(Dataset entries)
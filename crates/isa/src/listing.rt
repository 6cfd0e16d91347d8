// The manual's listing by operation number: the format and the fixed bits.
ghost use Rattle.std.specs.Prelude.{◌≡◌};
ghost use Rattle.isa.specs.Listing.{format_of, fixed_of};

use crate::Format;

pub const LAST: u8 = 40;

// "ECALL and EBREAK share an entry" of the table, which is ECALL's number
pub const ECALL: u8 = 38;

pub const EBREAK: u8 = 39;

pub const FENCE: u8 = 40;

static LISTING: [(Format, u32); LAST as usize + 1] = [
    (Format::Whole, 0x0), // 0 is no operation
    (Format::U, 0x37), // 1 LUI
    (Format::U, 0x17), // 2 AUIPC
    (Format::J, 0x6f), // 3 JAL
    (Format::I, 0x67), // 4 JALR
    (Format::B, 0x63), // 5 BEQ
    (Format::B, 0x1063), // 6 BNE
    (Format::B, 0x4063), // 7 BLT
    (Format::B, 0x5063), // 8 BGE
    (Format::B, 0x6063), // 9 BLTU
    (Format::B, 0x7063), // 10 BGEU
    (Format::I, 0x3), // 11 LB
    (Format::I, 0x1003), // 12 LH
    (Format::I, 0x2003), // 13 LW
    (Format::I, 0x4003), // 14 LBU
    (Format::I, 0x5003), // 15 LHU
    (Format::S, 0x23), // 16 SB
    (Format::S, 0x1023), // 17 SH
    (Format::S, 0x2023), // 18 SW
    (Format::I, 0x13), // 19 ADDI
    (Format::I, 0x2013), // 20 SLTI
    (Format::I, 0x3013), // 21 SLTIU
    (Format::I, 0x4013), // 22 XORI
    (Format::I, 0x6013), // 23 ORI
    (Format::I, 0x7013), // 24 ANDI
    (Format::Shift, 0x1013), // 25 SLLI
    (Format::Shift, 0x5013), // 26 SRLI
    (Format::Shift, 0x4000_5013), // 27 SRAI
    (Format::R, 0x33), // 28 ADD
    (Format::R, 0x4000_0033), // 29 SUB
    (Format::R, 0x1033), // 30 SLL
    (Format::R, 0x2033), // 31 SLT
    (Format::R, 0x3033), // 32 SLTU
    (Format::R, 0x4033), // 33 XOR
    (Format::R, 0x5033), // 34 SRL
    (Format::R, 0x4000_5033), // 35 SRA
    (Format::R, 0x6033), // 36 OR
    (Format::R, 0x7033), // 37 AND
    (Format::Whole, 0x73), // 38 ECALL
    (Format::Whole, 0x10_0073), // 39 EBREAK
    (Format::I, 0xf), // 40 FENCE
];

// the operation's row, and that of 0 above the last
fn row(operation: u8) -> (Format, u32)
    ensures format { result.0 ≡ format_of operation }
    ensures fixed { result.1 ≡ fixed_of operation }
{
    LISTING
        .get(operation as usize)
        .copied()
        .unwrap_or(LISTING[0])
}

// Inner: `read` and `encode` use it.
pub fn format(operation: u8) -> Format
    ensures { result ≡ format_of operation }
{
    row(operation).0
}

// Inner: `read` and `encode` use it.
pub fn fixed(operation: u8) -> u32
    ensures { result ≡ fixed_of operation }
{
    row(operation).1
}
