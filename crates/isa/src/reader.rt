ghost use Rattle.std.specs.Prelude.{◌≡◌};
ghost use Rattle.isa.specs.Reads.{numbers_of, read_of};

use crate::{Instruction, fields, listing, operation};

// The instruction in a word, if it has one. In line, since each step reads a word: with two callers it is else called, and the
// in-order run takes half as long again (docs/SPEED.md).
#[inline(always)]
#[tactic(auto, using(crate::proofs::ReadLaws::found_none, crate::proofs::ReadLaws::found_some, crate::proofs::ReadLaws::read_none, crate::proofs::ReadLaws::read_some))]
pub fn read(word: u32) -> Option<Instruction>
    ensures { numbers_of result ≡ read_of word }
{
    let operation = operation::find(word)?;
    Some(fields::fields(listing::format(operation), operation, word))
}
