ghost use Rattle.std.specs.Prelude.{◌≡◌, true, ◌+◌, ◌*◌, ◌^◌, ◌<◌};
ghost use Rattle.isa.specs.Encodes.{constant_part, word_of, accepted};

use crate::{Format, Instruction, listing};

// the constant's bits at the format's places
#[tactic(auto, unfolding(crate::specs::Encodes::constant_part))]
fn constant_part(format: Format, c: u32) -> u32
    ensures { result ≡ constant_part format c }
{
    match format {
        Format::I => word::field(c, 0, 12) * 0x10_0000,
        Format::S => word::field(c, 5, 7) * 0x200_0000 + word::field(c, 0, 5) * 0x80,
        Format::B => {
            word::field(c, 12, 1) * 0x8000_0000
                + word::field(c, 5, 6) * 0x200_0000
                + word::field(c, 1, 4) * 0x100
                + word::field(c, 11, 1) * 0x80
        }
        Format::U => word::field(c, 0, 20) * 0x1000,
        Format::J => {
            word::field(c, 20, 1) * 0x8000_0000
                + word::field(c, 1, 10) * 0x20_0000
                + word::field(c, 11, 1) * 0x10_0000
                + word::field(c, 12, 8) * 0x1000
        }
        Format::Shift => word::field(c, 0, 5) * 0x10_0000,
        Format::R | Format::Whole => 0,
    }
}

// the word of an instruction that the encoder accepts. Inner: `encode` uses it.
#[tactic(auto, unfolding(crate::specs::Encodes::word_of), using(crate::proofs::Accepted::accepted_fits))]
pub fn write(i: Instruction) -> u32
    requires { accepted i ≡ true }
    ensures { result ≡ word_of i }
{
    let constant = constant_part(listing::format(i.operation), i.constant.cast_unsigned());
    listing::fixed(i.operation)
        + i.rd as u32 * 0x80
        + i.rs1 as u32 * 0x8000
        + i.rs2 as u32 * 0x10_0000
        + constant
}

▶ Your assignment:
Report how many lines in the entries hold the string "ensures". Nothing but the number is wanted.

▶ Exercise result:
7